Description

Lightweight construction is an integral part of the overall Volkswagen strategy for the reduction of CO₂ emissions. A lower vehicle weight has a direct correlation to the reduction of the CO₂ emissions. One potential way to reduce weight is the utilization of lightweight carbon fiber reinforced plastics (CFRP). The mass reduction leads to a significant saving of CO₂ emissions. Currently the drawbacks of using CFRPs are the high manufacturing cost. The manufacturing cost of carbon fiber can be significantly reduced by the use of alternative precursors. The decision to use an alternative precursor to produce carbon fiber is based on the price, the availability, and the renewability of the precursor in question.
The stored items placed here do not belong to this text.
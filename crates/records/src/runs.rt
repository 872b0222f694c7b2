// The runs of a record, four bytes each.
ghost use Rattle.std.specs.Prelude.{◌≡◌, ℕ, ◌+◌, ◌*◌, ◌<◌, true, false, ◌&&◌, [], ◌∷◌, length, MatchOption};
ghost use Rattle.codec.specs.Runs.{run as stretch, sound, within};
ghost use Rattle.std.specs.Iterator.{YieldsFirstBy, item_count};
ghost use Rattle.records.specs.Stretches.{run_list, run_pixels, follows as behind, spot};
ghost use Rattle.records.specs.Rows.{run_of, runs_left};

// A run: its first pixel and how many pixels it has.
#[derive(Clone, Copy)]
pub struct Run {
    pub offset: u16,
    pub count: u16,
}

// The runs of bytes, in order. Fewer than four bytes at the end are no run.
#[derive(Clone, Copy)]
pub struct Runs<'a> {
    left: &'a [u8],
}

// A number in two bytes, the high one first.
fn two_bytes(hi: u8, lo: u8) -> u16
    ensures { result ≡ hi * 256 + lo }
{
    u16::from_be_bytes([hi, lo])
}

impl<'a> Runs<'a> {
    // The runs of bytes from the first on.
    pub fn of(bytes: &'a [u8]) -> Runs<'a>
        ensures { result.left.now ≡ bytes.now }
    {
        Runs { left: bytes }
    }
}

impl Iterator for Runs<'_> {
    type Item = Run;

    ghost next_gives = { YieldsFirstBy run_of runs_left };

    ghost remaining = { item_count runs_left };

    fn next(&mut self) -> Option<Run> {
        let [a, b, c, d, rest @ ..] = self.left else {
            return None;
        };
        self.left = rest;
        Some(Run {
            offset: two_bytes(*a, *b),
            count: two_bytes(*c, *d),
        })
    }
}

// Where the pixels behind a run begin.
fn end_of(run: Run) -> u32
    ensures { result ≡ run.offset + run.count }
{
    u32::from(run.offset) + u32::from(run.count)
}

// Where the next run may begin: two runs do not touch.
pub fn past(run: Run) -> u32
    ensures { result ≡ run.offset + run.count + 1 }
{
    end_of(run) + 1
}

// Whether a run has a pixel, begins at low or later, and ends by end. Only low goes on from run to run, so the two are no
// struct: each place would take it apart again.
pub fn follows(run: Run, low: u32, end: u16) -> bool
    ensures { result ≡ behind low end (stretch run.offset run.count) }
{
    low <= u32::from(run.offset) && 1 <= run.count && end_of(run) <= u32::from(end)
}

// Whether a pixel lies in a run.
fn holds(run: Run, pixel: u32) -> bool
    ensures { result ≡ within (stretch run.offset run.count) pixel }
{
    u32::from(run.offset) <= pixel && pixel < end_of(run)
}

// How many pixels the runs have, if they are sorted, do not touch and end by end.
pub fn count_pixels(bytes: &[u8], end: u16) -> Option<u16>
    ensures { MatchOption result (sound 0 end (run_list bytes.now) ≡ false) (λ n. (sound 0 end (run_list bytes.now) ≡ true) × (n ≡ run_pixels (run_list bytes.now))) }
{
    let mut low: u32 = 0;
    let mut pixels: u16 = 0;
    for run in Runs::of(bytes) {
        if !follows(run, low, end) {
            return None;
        }
        low = past(run);
        pixels += run.count;
    }
    Some(pixels)
}

// How many pixels of the runs come before a pixel that lies in one; none for a pixel in none. The runs are read as far as
// they are sorted, do not touch and end by end.
pub fn spot_of(bytes: &[u8], end: u16, pixel: u32) -> Option<u16>
    ensures { result ≡ spot 0 end (run_list bytes.now) pixel }
{
    let mut low: u32 = 0;
    let mut before: u16 = 0;
    for run in Runs::of(bytes) {
        if !follows(run, low, end) {
            return None;
        }
        if holds(run, pixel) {
            return Some(before + (pixel - u32::from(run.offset)) as u16);
        }
        low = past(run);
        before += run.count;
    }
    None
}
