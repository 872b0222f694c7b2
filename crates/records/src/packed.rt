// Symbols packed three bits each, high bit first. Nothing else knows how they are packed.
ghost use Rattle.std.specs.Prelude.{◌≡◌, ℕ, ◌+◌, ◌*◌, ◌^◌, ◌<◌, ◌≤◌, false, length, drop, slice_index_or};
ghost use Rattle.codec.specs.Bits.{bit, bits_of, unset, padding};
ghost use Rattle.records.specs.Packed.{symbol_at};

use symbols::Symbol;

// The bit at a place, the high bit of a byte first.
fn bit_at(bytes: &[u8], place: usize) -> u8
    requires { place < 8 * length bytes.now }
    ensures { result ≡ bit (slice_index_or (bits_of bytes.now) place false) }
{
    (bytes[place / 8] >> (7 - place % 8)) % 2
}

// The code in the three bits from a place on.
fn code_at(bytes: &[u8], place: usize) -> u8
    requires within { place + 2 < 8 * length bytes.now }
    requires few { place < 24 }
    ensures { result ≡ bit (slice_index_or (bits_of bytes.now) place false) * 4 + bit (slice_index_or (bits_of bytes.now) (place + 1) false) * 2 + bit (slice_index_or (bits_of bytes.now) (place + 2) false) }
{
    bit_at(bytes, place) * 4 + bit_at(bytes, place + 1) * 2 + bit_at(bytes, place + 2)
}

// The symbol at an index; none past the end, or where the code is that of no symbol.
pub fn symbol_at(bytes: &[u8], index: usize) -> Option<Symbol>
    ensures { result ≡ symbol_at bytes.now index }
{
    // eight symbols are three bytes
    let (rows, within) = (index / 8, 3 * (index % 8));
    if rows > bytes.len() / 3 {
        return None;
    }
    let part = &bytes[3 * rows..];
    if (within + 2) / 8 >= part.len() {
        return None;
    }
    Symbol::try_from(code_at(part, within)).ok()
}

// Whether only zero bits stand from a place on.
fn is_unset(bytes: &[u8], from: usize) -> bool
    requires { 8 * length bytes.now < 2 ^ 64 }
    ensures { result ≡ unset (drop from (bits_of bytes.now)) }
{
    (from..8 * bytes.len()).all(|place| bit_at(bytes, place) == 0)
}

// Whether only zero bits, fewer than eight, stand behind the symbols before an index.
#[tactic(auto, using(crate::proofs::Triples::padded))]
pub fn is_padded(bytes: &[u8], index: u32) -> bool
    ensures { result ≡ padding (drop (3 * index) (bits_of bytes.now)) }
{
    let from = 3 * index as usize;
    bytes.len() <= (from + 7) / 8 && is_unset(bytes, from)
}
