// The words of a record in the order of their pixels.
ghost use Rattle.std.specs.Prelude.{◌≡◌, ℕ, ◌+◌, ◌-◌, ◌*◌, ◌^◌, ◌<◌, ◌≤◌, drop, Some};
ghost use Rattle.std.specs.Iterator.{YieldsFirstBy, item_count};
ghost use Rattle.rules.specs.Words.{lawful};
ghost use Rattle.codec.specs.Bits.{bits_of};
ghost use Rattle.codec.specs.Reading.{guard};
ghost use Rattle.words.specs.Held.{symbols_of};
ghost use Rattle.records.specs.Rows.{runs_left};
ghost use Rattle.records.specs.Behind.{word_behind};
ghost use Rattle.records.specs.Told.{or_empty_word};
ghost use Rattle.records.specs.Ahead.{word_ahead, SameBehind};
ghost use Rattle.records.specs.Left.{words_left};

use crate::body::read_word;
use crate::order::{Place, Words, entered};
use crate::side_of;
use symbols::Symbol;
use words::Word;

// A word that was passed, and the index of the first symbol behind it.
#[derive(Clone, Copy)]
struct Passed {
    word: Word,
    from: u32,
}

// The word of symbols; `++++` where they are not lawful.
fn lawful_or_blank(symbols: &[Symbol]) -> Word
    ensures { symbols_of result ≡ or_empty_word (guard (lawful symbols.now) (Some symbols.now)) }
{
    Word::from_symbols(symbols).unwrap_or(Word::blank())
}

// Reads the word that begins at an index; `++++` in place of one that is wanting or not lawful.
fn pass_word(symbols: &[u8], from: u32) -> Passed
    requires { from + 64 < 2 ^ 32 }
    ensures word { symbols_of result.word ≡ or_empty_word (word_behind 0 (drop (3 * from) (bits_of symbols.now))) }
    ensures behind { SameBehind (drop (3 * from) (bits_of symbols.now)) (drop (3 * result.from) (bits_of symbols.now)) }
    ensures few { result.from ≤ from + 64 }
{
    match read_word(symbols, from) {
        Some(word) => Passed {
            word: lawful_or_blank(word.as_slice()),
            from: from + word.len() as u32,
        },
        None => Passed {
            word: Word::blank(),
            from,
        },
    }
}

// Passes the word of the present pixel.
fn pass_pixel(symbols: &[u8], place: Place<'_>, end: u16) -> Passed
    requires few { place.from + 64 < 2 ^ 32 }
    requires behind { place.pixel < place.low }
    ensures word { symbols_of result.word ≡ word_ahead end place.entry.pixel place.entry.inside place.entry.low (runs_left place.entry.runs) (drop (3 * place.entry.from) (bits_of symbols.now)) place.entry.pixel }
    ensures rest { (k : ℕ) → place.entry.pixel < k
        → word_ahead end (place.entry.pixel + 1) (place.entry.inside - 1) place.entry.low (runs_left place.entry.runs) (drop (3 * result.from) (bits_of symbols.now)) k
        ≡ word_ahead end place.entry.pixel place.entry.inside place.entry.low (runs_left place.entry.runs) (drop (3 * place.entry.from) (bits_of symbols.now)) k }
    ensures few { result.from ≤ place.entry.from + 64 }
{
    if place.inside == 0 {
        return Passed {
            word: Word::blank(),
            from: place.from,
        };
    }
    pass_word(symbols, place.from)
}

// The word of each pixel, from the present one to the last.
impl Iterator for Words<'_> {
    type Item = Word;

    ghost next_gives = { YieldsFirstBy symbols_of words_left };

    ghost remaining = { item_count words_left };

    fn next(&mut self) -> Option<Word> {
        let end = side_of(self.source.width) * side_of(self.source.height);
        if self.place.pixel >= end {
            return None;
        }
        let place = entered(self.place, end);
        let passed = pass_pixel(self.source.symbols, place, end);
        self.place = Place {
            pixel: place.pixel + 1,
            inside: place.inside.saturating_sub(1),
            from: passed.from,
            ..place
        };
        Some(passed.word)
    }
}
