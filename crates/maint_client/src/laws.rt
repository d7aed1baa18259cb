// Laws of what an expirer and a collector follow by, each the contract of a function that does nothing.
ghost use Rattle.std.specs.Prelude.{◌≡◌, None, Option, ℕ};
ghost use Rattle.store_core.specs.declared.calls.Call.{Call};
ghost use Rattle.store_core.specs.declared.replies.Reply.{Reply};
ghost use Rattle.store_core.specs.Histories.{History};
ghost use Rattle.store_core.specs.Ports.{GainsWhereTold, GrowsByOthers};
ghost use Rattle.machine_core.specs.Polling.{FollowsWhere};
ghost use Rattle.maint_client.specs.declared.collectors.Collector.{Collector};
ghost use Rattle.maint_client.specs.declared.expirers.Expirer.{Expirer};
ghost use Rattle.maint_client.specs.Collecting.{collecting};
ghost use Rattle.maint_client.specs.Expiring.{machine};

/// An expirer follows also past calls of other clients.
pub fn follows_past_others()
    ensures { (client : ℕ) (front now : Option History) (x : Expirer) → FollowsWhere machine client front x.tryer
        → GrowsByOthers client front now → FollowsWhere machine client now x.tryer }
{}

/// An expirer with no open expiry follows also past each call of another machine of the same client.
pub fn follows_past_others_machines()
    ensures { (client : ℕ) (front now : Option History) (call : Call) (reply : Reply) (x : Expirer) → x.tryer.asked ≡ None
        → FollowsWhere machine client front x.tryer → GainsWhereTold client front now call reply → FollowsWhere machine client now x.tryer }
{}

/// A collector follows also past calls of other clients.
pub fn collector_follows_past_others()
    ensures { (client : ℕ) (front now : Option History) (c : Collector) → FollowsWhere collecting client front c
        → GrowsByOthers client front now → FollowsWhere collecting client now c }
{}

/// A collector with no open collection follows also past each call of another machine of the same client.
pub fn collector_follows_past_others_machines()
    ensures { (client : ℕ) (front now : Option History) (call : Call) (reply : Reply) (c : Collector) → c.asked ≡ None
        → FollowsWhere collecting client front c → GainsWhereTold client front now call reply → FollowsWhere collecting client now c }
{}
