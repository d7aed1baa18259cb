//! Clients that keep a shard in order, polled over any port: the expirer, which removes the members whose lease has run out, and the
//! collector, which removes the versions below the floor and the parts that merges up to it took.
#![tactic(auto)]

mod collectors;
mod expirers;
mod expiries;
pub mod laws;
mod sweeps;

pub use collectors::Collector;
pub use expirers::Expirer;
pub use expiries::Expiry;
pub use history_core::{Asked, CollectAnswer, ExpireAnswer};
pub use load_core::{BeginFault, Damage, Poll};
pub use sweeps::Sweep;
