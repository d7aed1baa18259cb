// Expirer: a client that removes the members whose lease has run out.
ghost use Rattle.std.specs.Prelude.{◌≡◌, ◌≢◌, ◌<◌, ◌≤◌, ℕ, Option, Ok, Err, None, Some, IsSome, IfOk, OnErr, OnOk, is_some, option_copied};
ghost use Rattle.causes.specs.Causes.{Rose};
ghost use Rattle.store_core.specs.Histories.{History};
ghost use Rattle.load_core.specs.declared.polls.Poll.TheVariants as polls;
ghost use Rattle.load_core.specs.Fronts.{Backwards, WhereLawful};
ghost use Rattle.machine_core.specs.Polling.{CostGoesOn, FollowsWhere, LegalWhere, Polled, Unpolled};
ghost use Rattle.try_machine.specs.Tryers.{IsSound};
ghost use Rattle.maint_client.specs.Expiring.{Begins, asked_of, expiring, machine};

use crate::expiries::Expiry;
use causes::NumberList;
use history_core::{Asked, ExpireAnswer};
use load_core::{BeginFault, Poll};
use state_core::Transition;
use std::alloc::{AllocError, Global};
use store_core::{Port, ShardId};
use try_machine::Tryer;

/// An expirer of one shard. It has no member. An expiry is begun and then polled until it ends; each poll makes at most one call of
/// the store. See docs/EXTENDING.md, "A client of one transition".
#[derive(Drop)]
pub struct Expirer {
    /// The open or the last expiry, as a machine.
    pub tryer: Tryer<Expiry>,
}

impl Expirer {
    /// An expirer of the shard, which knows nothing of it yet. It takes no memory.
    pub fn new(shard: ShardId) -> Expirer
        ensures idle { result.tryer.asked ≡ None }
        ensures shard { result.tryer.trying.loader.shard ≡ shard }
        ensures sound { IsSound expiring result.tryer }
        ensures follows { (client : ℕ) (front : Option History) → FollowsWhere machine client front result.tryer }
    {
        Expirer {
            tryer: Tryer::new(shard),
        }
    }

    /// Whether an expiry is open.
    pub fn busy(&self) -> bool
        ensures { result ≡ is_some self.now.tryer.asked }
    {
        self.tryer.asked.is_some()
    }

    /// What is asked, where an expiry is open.
    pub fn asked(&self) -> Option<&Asked>
        ensures { option_copied result ≡ asked_of self.now.tryer }
    {
        match &self.tryer.asked {
            Some(expiry) => Some(&expiry.asked),
            None => None,
        }
    }

    /// How many calls of the store the polls of the open expiry have made, or else those of the last one. It stands still at
    /// 2^64 - 1.
    pub fn calls(&self) -> u64
        ensures { result ≡ self.now.tryer.trying.calls }
    {
        self.tryer.trying.calls
    }

    /// Begins to remove the members whose lease has run out at the moment `now`, in the unit of their leases. The fault is Open (an
    /// expiry is open); the expirer is then as it was. It takes no memory.
    pub fn begin_expire(&mut self, alloc: Global, now: u64) -> Result<(), BeginFault>
        requires { IsSound expiring self.old.tryer }
        ensures begins { Begins self.old.tryer now self.new.tryer result }
        ensures sound { IsSound expiring self.new.tryer }
        ensures follows { (client : ℕ) (front : Option History) → FollowsWhere machine client front self.old.tryer
            → FollowsWhere machine client front self.new.tryer }
        ensures cost { OnOk result ((base client : ℕ) (front : Option History) → 3 ≤ base
            → WhereLawful self.new.tryer.trying.loader.shard front (Backwards (machine.CostAt base client self.new.tryer))) }
    {
        if self.tryer.asked.is_some() {
            return Err(BeginFault::Open);
        }
        let asked = Expiry {
            asked: Asked::Expire { now },
            out: NumberList::new(alloc),
        };
        self.tryer.begin(asked, Transition::Expire { now });
        Ok(())
    }

    /// Goes on with the open expiry by one call of the store, through this port, unless the port finds the store taken.
    /// See docs/DEFINITIONS.md, "Polls". It fails only for want of memory: the expiry stays open, nothing was changed in the
    /// store, and the next poll makes the same call again.
    pub fn poll<P: Port>(
        &mut self,
        alloc: Global,
        port: &mut P,
    ) -> Result<Poll<ExpireAnswer>, AllocError>
        requires open { IsSome self.old.tryer.asked }
        requires sound { IsSound expiring self.old.tryer }
        // Over each told front that is lawful and starts as a collection, the expirer follows from the client's own entries.
        requires follows { FollowsWhere machine (P.client port.old) (P.front port.old) self.old.tryer }
        // At most one call is made, one that the client may make, and its reply comes to this.
        ensures polled { IfOk result (λ poll. Polled machine (P.client port.old) (P.front port.old) (P.front port.new)
            self.old.tryer self.new.tryer poll) }
        ensures memory { OnErr result (Unpolled machine (P.client port.old) (P.front port.old) (P.front port.new) self.old.tryer self.new.tryer) }
        ensures sound { IsSound expiring self.new.tryer }
        ensures follows { FollowsWhere machine (P.client port.old) (P.front port.new) self.new.tryer }
        // Each answer is legal at the end of the front, and nothing is damaged there.
        ensures legal { IfOk result (λ poll. LegalWhere machine (P.client port.old) (P.front port.new) self.old.tryer self.new.tryer poll) }
        // The bound on the calls is kept.
        ensures cost { IfOk result (λ poll. CostGoesOn machine (P.client port.old) (P.front port.old) (P.front port.new)
            self.old.tryer self.new.tryer poll) }
        ensures busy { result ≡ Ok polls.Busy → P.misses port.old < P.misses port.new }
        ensures fault { result ≡ Ok polls.Fault → Rose (P.faults port.old) (P.faults port.new) }
        ensures faults { P.faults port.old ≤ P.faults port.new }
        ensures misses { P.misses port.old ≤ P.misses port.new }
        ensures client { P.client port.new ≡ P.client port.old }
        ensures kept { P.kept port.new ≡ P.kept port.old }
    {
        machine_core::poll(&mut self.tryer, alloc, port)
    }
}
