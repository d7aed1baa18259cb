// Sweep: what is left of a collection after its Scan.
ghost use Rattle.std.specs.Prelude.{◌≡◌, ◌≤◌, ◌^◌, [], IfOk, OnOk, length};
ghost use Rattle.state_core.specs.Steps.{taken_by};
ghost use Rattle.version_codec.specs.Reading.{read_version};
ghost use Rattle.maint_client.specs.Sweeping.{AddsVersion, Gives, GoesOnWith};
ghost use Rattle.maint_client.specs.Sweeping.{begins_below, goes_on, has_key, sweep_call, sweep_from, sweep_of};
ghost use Rattle.maint_client.specs.Sweeping.{swept, taken_after, with_keys};

use load_core::{Damage, Unread, newest_of};
use spine_core::KeyList;
use state_core::Transition;
use std::alloc::{AllocError, Global};
use store_core::{Call, PartKey, ShardId, Version};
use version_codec::{VersionFault, decode_version};

/// The greatest count of keys of one collection. More of them are want of memory.
const MAX_KEYS: usize = 1 << 62;

/// What is left of a collection after its Scan: keys to delete, and then versions to remove.
#[derive(Drop)]
pub struct Sweep {
    /// The floor that the Scan showed.
    pub floor: u64,
    /// The keys that the versions up to the floor take, in order, each once.
    pub keys: KeyList,
    /// How many of them are deleted, which is the place of the next one.
    pub place: usize,
    /// Whether versions below the floor are still to be removed.
    pub cut: bool,
}

// The transition of a version.
fn step_of(alloc: Global, shard: ShardId, version: &Version) -> Result<Transition, Unread>
    ensures { GoesOnWith result version.now.number (read_version shard version.now.number version.now.bytes) }
{
    match decode_version(alloc, shard, version.number, version.bytes.as_slice()) {
        Ok((_, step)) => Ok(step),
        Err(VersionFault::Memory) => Err(Unread::Memory),
        Err(fault) => Err(Unread::Damaged(Damage::Version {
            number: version.number,
            fault,
        })),
    }
}

// Adds the keys at the end, but those that are there.
fn add_keys(keys: &mut KeyList, more: &[PartKey]) -> Result<(), AllocError>
    ensures { OnOk result (keys.new ≡ with_keys keys.old more.now) }
{
    for key in more {
        if !has_key(keys.as_slice(), *key) {
            keys.push(*key)?;
        }
    }
    Ok(())
}

// Whether the key is among these.
fn has_key(keys: &[PartKey], key: PartKey) -> bool
    ensures { result ≡ has_key keys.now key }
{
    keys.contains(&key)
}

// Adds the keys that a transition takes.
fn add_taken(keys: &mut KeyList, step: &Transition) -> Result<(), AllocError>
    ensures { OnOk result (keys.new ≡ with_keys keys.old (taken_by step.now)) }
{
    if let Transition::Merge { left, right, .. } = step {
        add_keys(keys, left.parts.as_slice())?;
        add_keys(keys, right.parts.as_slice())?;
    }
    Ok(())
}

// Adds the keys that a version takes, unless its number is above this one.
fn add_version(
    alloc: Global,
    shard: ShardId,
    top: u64,
    keys: &mut KeyList,
    version: &Version,
) -> Result<(), Unread>
    ensures { AddsVersion shard top version.now keys.old keys.new result }
{
    if version.number > top {
        return Ok(());
    }
    let step = step_of(alloc, shard, version)?;
    add_taken(keys, &step)?;
    Ok(())
}

// The keys that the versions up to a number take, each once.
fn taken_keys(
    alloc: Global,
    shard: ShardId,
    top: u64,
    versions: &[Version],
) -> Result<KeyList, Unread>
    ensures { Gives result (taken_after shard top [] versions.now) }
{
    let mut keys = KeyList::new(alloc);
    for version in versions {
        add_version(alloc, shard, top, &mut keys, version)?;
    }
    Ok(keys)
}

// Whether the first of the versions has a number below this one.
fn begins_below(at: u64, versions: &[Version]) -> bool
    ensures { result ≡ begins_below at versions.now }
{
    match versions.first() {
        Some(version) => version.number < at,
        None => false,
    }
}

impl Sweep {
    /// The collection that a Scan's versions ask for.
    pub fn of(alloc: Global, shard: ShardId, versions: &[Version]) -> Result<Sweep, Unread>
        ensures shown { Gives result (sweep_of shard versions.now) }
        ensures within { IfOk result (λ w. w.place ≤ length w.keys) }
        ensures few { IfOk result (λ w. length w.keys ≤ 2 ^ 62) }
    {
        match newest_of(alloc, shard, versions)? {
            Some(state) => Sweep::below(alloc, shard, state.floor(), versions),
            None => Ok(Sweep {
                floor: 0,
                keys: KeyList::new(alloc),
                place: 0,
                cut: false,
            }),
        }
    }

    // The collection of what lies below a floor.
    fn below(
        alloc: Global,
        shard: ShardId,
        floor: u64,
        versions: &[Version],
    ) -> Result<Sweep, Unread>
        ensures shown { Gives result (sweep_from floor versions.now (taken_after shard floor [] versions.now)) }
        ensures within { IfOk result (λ w. w.place ≤ length w.keys) }
        ensures few { IfOk result (λ w. length w.keys ≤ 2 ^ 62) }
    {
        let keys = taken_keys(alloc, shard, floor, versions)?;
        if keys.as_slice().len() > MAX_KEYS {
            return Err(Unread::Memory);
        }
        Ok(Sweep {
            floor,
            keys,
            place: 0,
            cut: begins_below(floor, versions),
        })
    }

    /// Whether anything is left.
    pub fn goes_on(&self) -> bool
        ensures { result ≡ goes_on self.now }
    {
        self.place < self.keys.as_slice().len() || self.cut
    }

    /// The call that comes next: the Delete of the next key, or the Truncate below the floor.
    pub fn next_call(&self, shard: ShardId) -> Call
        ensures { result ≡ sweep_call shard self.now }
    {
        match self.keys.as_slice().get(self.place) {
            Some(key) => Call::Delete { key: *key },
            None => Call::Truncate {
                shard,
                below: self.floor,
            },
        }
    }

    /// That call was answered.
    pub fn pass(&mut self)
        ensures after { self.new ≡ swept self.old }
        ensures within { self.old.place ≤ length self.old.keys → self.new.place ≤ length self.new.keys }
        ensures keys { self.new.keys ≡ self.old.keys }
    {
        if self.place < self.keys.as_slice().len() {
            self.place += 1;
        } else {
            self.cut = false;
        }
    }
}
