// Expiry: what an expiry asks, as a rule.
ghost use Rattle.std.specs.Prelude.{◌≡◌, IfOk, option_copied};
ghost use Rattle.history_core.specs.Upkeep.{out_numbers};
ghost use Rattle.maint_client.specs.Expiring.{expiring, moment_of, number_of, out_of};

use causes::NumberList;
use history_core::{Asked, ExpireAnswer};
use load_core::Poll;
use state_core::{Member, Refusal, State};
use std::alloc::{AllocError, Global};
use try_machine::Rule;

/// An expiry at a moment, with the numbers of the members that it removes from the newest state.
#[derive(Drop)]
pub struct Expiry {
    /// What is asked: `Asked::Expire` with the moment, in the unit of the members' beats and leases.
    pub asked: Asked,
    /// The numbers of the members whose lease has run out in the newest state, once the next call is prepared.
    pub out: NumberList,
}

impl Expiry {
    // The moment.
    fn moment(&self) -> u64
        ensures { result ≡ moment_of self.now.asked }
    {
        match &self.asked {
            Asked::Expire { now } => *now,
            _ => 0,
        }
    }
}

// The numbers of the members whose lease has run out in the newest state.
fn out_of(alloc: Global, now: u64, newest: Option<&State>) -> Result<NumberList, AllocError>
    ensures { IfOk result (λ l. l ≡ out_of now (option_copied newest.entry)) }
{
    match newest {
        Some(state) => out_numbers(alloc, now, state.members()),
        None => Ok(NumberList::new(alloc)),
    }
}

// The numbers of those among the members whose lease has run out.
fn out_numbers(alloc: Global, now: u64, members: &[Member]) -> Result<NumberList, AllocError>
    ensures { IfOk result (λ l. l ≡ out_numbers now members.now) }
{
    let mut numbers = NumberList::new(alloc);
    for member in members {
        if member.is_out(now) {
            numbers.push(member.number)?;
        }
    }
    Ok(numbers)
}

impl Rule for Expiry {
    type Answer = ExpireAnswer;

    ghost rule = { expiring };

    fn look(&self, alloc: Global, newest: Option<&State>) -> Result<Expiry, AllocError> {
        let now = self.moment();
        let out = out_of(alloc, now, newest)?;
        let asked = Asked::Expire { now };
        Ok(Expiry { asked, out })
    }

    fn empty(&self) -> Option<ExpireAnswer> {
        Some(ExpireAnswer::NoneDue { version: 0 })
    }

    fn committed(self, _newest: Option<&State>, _version: u64) -> ExpireAnswer {
        ExpireAnswer::Removed { members: self.out }
    }

    fn refused(&self, newest: Option<&State>, _refusal: Refusal) -> Poll<ExpireAnswer> {
        let version = match newest {
            Some(state) => state.number(),
            None => 0,
        };
        Poll::Done(ExpireAnswer::NoneDue { version })
    }
}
Lignin is a natural waste byproduct of the paper industry, which is readily available in enormous amounts and due to this very inexpensive. Since lignin is a natural product it can have different properties depending on the plant in which it is derived from and the process in which it is isolated. To get a better understanding of lignin as a precursor for carbon fiber production, a systematical analysis of the properties, compounding, and chemical structure is made. To investigate the potential of lignin as an alternative precursor a set of fundamental production steps were needed to be established, to produce carbon fiber from lignin. These steps consist of: pelletizing, fiber spinning, fiber stabilization, and carbonization. The intermediate products of these steps are the lignin powder, the lignin pellets, the lignin fiber as well as the oxidized and carbonized lignin fiber. At each step the properties and chemical structure were analyzed. This dissertation shows the complete production process of carbon fiber made from lignin by analyzing the chemical structure of all intermediate products, and determines the potential of lignin as an alternative, economic and ecological precursor.